Every line below that carries the word "deselect" needs to be copied.
•••••
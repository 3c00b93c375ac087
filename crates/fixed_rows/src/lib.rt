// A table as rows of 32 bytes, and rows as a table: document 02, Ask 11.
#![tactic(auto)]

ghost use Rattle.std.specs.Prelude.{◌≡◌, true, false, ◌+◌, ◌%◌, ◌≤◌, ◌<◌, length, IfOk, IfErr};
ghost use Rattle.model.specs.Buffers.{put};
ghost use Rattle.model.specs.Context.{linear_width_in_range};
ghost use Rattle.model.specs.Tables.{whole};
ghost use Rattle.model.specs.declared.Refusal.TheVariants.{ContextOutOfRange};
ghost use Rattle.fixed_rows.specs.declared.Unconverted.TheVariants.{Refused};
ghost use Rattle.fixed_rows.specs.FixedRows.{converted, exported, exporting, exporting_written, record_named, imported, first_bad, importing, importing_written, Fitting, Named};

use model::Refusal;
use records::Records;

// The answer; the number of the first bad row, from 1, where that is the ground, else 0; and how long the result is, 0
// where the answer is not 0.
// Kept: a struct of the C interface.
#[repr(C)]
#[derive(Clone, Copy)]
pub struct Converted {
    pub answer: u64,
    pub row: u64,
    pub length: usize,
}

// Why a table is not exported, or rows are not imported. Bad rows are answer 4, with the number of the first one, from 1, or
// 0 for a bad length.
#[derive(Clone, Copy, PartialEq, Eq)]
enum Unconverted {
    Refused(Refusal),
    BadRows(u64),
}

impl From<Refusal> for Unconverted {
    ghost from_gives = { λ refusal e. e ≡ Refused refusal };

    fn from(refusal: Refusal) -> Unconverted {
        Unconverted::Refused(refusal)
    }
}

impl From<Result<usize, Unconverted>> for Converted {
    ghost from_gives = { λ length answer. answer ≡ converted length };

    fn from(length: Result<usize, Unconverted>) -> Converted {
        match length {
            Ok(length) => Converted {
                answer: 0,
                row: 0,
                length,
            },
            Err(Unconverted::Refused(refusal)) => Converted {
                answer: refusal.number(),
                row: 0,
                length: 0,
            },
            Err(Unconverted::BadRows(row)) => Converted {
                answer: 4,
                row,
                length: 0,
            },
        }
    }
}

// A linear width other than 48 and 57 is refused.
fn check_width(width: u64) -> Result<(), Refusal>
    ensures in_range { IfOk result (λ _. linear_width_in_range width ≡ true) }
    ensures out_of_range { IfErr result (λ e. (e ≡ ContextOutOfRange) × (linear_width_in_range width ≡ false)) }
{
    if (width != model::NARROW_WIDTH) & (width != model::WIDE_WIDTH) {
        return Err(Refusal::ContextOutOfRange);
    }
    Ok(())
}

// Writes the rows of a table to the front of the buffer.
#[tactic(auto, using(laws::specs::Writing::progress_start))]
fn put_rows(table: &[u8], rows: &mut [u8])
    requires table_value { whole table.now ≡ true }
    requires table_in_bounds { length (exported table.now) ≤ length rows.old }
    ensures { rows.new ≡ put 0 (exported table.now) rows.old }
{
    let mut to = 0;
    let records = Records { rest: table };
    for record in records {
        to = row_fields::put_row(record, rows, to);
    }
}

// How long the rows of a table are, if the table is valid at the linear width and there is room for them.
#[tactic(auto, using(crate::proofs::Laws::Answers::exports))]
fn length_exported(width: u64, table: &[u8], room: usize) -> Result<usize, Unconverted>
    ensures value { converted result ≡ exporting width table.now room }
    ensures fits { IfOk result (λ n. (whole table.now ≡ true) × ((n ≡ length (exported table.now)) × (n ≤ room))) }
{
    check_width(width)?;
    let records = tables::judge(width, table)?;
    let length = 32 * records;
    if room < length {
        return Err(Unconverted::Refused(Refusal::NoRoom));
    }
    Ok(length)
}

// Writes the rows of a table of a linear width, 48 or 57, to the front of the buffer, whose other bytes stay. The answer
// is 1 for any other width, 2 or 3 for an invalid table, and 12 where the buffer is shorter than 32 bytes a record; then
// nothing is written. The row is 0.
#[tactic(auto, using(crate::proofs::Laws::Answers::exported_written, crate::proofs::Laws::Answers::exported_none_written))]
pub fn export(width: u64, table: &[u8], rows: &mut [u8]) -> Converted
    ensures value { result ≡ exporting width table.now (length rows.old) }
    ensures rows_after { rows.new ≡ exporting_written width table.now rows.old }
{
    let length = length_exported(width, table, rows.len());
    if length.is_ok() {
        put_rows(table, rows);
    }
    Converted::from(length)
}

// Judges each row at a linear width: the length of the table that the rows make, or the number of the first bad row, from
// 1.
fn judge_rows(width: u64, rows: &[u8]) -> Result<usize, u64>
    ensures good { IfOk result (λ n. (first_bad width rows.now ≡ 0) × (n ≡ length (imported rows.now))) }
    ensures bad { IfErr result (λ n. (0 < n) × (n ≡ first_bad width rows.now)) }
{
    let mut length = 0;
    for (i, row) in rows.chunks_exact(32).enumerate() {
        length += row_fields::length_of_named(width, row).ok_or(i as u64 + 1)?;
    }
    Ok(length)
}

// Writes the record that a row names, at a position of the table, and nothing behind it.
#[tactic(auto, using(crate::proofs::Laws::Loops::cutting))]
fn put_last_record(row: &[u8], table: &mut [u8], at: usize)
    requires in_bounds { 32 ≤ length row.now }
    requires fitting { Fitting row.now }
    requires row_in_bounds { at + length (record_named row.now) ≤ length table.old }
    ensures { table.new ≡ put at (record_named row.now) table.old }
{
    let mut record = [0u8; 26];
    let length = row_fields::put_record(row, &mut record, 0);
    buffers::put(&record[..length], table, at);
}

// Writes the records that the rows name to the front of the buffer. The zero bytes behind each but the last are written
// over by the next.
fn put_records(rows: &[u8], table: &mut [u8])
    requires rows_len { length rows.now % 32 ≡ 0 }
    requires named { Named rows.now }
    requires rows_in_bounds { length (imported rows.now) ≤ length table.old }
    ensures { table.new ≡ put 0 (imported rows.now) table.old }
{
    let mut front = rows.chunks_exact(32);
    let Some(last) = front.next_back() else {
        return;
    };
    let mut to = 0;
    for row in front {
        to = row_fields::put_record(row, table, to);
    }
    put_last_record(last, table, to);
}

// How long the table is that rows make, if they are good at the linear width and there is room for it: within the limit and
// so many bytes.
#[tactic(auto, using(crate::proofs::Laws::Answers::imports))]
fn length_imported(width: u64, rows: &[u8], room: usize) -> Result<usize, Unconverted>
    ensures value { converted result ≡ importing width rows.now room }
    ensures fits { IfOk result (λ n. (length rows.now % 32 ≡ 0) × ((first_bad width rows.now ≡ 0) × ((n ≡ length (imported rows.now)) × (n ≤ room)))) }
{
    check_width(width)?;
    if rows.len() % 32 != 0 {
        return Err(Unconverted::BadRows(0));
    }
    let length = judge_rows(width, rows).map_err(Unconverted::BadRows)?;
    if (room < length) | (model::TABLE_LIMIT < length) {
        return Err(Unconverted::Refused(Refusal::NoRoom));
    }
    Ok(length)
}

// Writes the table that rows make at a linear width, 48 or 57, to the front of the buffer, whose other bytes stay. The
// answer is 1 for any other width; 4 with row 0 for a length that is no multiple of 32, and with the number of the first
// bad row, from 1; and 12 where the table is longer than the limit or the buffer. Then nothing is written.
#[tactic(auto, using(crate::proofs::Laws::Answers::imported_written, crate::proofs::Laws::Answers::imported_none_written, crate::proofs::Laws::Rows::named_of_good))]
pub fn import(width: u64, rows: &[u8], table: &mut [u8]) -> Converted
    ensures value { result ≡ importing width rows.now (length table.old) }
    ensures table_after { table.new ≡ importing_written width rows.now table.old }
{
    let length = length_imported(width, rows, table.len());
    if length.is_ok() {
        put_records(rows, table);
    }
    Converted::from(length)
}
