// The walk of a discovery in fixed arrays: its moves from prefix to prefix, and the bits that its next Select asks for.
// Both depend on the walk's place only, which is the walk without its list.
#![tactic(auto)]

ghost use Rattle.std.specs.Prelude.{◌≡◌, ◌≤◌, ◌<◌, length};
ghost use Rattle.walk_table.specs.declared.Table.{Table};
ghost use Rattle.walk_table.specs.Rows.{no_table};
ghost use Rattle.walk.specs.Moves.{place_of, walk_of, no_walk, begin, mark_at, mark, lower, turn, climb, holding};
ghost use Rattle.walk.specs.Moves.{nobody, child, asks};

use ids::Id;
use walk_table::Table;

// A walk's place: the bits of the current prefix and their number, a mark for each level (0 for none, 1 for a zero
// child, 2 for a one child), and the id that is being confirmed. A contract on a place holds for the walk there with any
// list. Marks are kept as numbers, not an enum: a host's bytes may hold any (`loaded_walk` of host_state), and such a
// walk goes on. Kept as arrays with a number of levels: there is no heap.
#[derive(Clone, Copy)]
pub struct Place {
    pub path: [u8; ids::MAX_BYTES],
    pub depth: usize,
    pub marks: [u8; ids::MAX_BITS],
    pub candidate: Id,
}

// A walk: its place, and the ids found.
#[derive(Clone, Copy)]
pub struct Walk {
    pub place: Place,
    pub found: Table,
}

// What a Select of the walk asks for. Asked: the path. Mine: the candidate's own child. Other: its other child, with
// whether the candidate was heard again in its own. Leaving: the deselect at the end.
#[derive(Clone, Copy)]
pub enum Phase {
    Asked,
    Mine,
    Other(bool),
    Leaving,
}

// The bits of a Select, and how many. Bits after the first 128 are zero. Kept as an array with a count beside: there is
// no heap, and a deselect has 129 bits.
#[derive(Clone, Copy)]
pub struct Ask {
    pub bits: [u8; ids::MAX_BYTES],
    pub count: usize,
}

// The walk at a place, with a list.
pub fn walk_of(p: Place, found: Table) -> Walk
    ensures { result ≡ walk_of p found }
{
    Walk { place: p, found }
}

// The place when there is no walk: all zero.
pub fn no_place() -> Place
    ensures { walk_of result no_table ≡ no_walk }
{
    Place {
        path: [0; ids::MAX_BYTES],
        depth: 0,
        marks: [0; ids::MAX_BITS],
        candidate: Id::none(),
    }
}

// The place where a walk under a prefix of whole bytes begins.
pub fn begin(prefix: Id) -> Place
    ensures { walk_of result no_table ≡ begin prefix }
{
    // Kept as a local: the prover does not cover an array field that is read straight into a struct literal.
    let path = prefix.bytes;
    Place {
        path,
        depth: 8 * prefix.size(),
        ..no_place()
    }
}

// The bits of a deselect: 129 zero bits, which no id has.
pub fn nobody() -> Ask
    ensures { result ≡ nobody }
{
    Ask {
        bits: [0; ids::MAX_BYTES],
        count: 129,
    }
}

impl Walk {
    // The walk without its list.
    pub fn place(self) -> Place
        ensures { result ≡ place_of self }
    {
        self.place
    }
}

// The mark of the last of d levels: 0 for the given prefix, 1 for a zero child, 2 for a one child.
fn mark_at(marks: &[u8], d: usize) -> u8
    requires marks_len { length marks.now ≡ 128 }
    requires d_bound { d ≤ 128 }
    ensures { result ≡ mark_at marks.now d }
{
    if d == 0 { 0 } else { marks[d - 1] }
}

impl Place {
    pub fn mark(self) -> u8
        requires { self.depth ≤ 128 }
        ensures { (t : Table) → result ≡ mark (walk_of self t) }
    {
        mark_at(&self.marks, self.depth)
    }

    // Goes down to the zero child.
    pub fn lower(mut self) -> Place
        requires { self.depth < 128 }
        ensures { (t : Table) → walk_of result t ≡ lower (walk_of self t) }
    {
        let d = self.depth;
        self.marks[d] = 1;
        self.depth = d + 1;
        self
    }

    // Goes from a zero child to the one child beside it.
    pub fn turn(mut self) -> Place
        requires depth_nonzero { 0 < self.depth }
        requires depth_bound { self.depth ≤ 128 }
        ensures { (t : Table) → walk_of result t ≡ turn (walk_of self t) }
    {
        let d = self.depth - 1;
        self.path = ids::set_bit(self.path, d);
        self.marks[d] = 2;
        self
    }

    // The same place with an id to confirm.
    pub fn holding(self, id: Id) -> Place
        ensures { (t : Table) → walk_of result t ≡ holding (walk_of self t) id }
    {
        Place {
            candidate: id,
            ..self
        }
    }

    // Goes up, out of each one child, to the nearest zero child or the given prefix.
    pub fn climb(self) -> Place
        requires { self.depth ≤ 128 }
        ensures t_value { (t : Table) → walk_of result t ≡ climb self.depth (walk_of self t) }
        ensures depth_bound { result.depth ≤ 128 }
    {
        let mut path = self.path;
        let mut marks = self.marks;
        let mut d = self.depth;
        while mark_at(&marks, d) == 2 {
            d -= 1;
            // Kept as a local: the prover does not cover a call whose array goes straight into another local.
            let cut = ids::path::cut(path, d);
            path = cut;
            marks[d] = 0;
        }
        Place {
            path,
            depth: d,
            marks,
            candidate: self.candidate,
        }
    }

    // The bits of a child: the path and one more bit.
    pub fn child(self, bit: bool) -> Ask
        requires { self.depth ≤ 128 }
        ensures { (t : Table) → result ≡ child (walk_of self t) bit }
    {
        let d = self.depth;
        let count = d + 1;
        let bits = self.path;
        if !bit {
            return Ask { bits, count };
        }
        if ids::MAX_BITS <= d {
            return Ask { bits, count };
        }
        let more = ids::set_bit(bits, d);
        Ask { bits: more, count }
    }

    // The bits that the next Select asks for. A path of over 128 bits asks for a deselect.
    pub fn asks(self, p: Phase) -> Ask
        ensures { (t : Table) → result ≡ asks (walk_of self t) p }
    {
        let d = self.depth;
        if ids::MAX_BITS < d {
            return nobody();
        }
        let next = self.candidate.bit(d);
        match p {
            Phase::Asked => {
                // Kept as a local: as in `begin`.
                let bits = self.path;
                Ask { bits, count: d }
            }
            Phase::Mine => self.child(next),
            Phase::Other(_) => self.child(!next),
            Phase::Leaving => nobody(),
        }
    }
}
•••••
**Expected answer:**
// whether the candidate was heard again in its own. Leaving: the deselect at the end.
// no heap, and a deselect has 129 bits.
// The bits of a deselect: 129 zero bits, which no id has.
    // The bits that the next Select asks for. A path of over 128 bits asks for a deselect.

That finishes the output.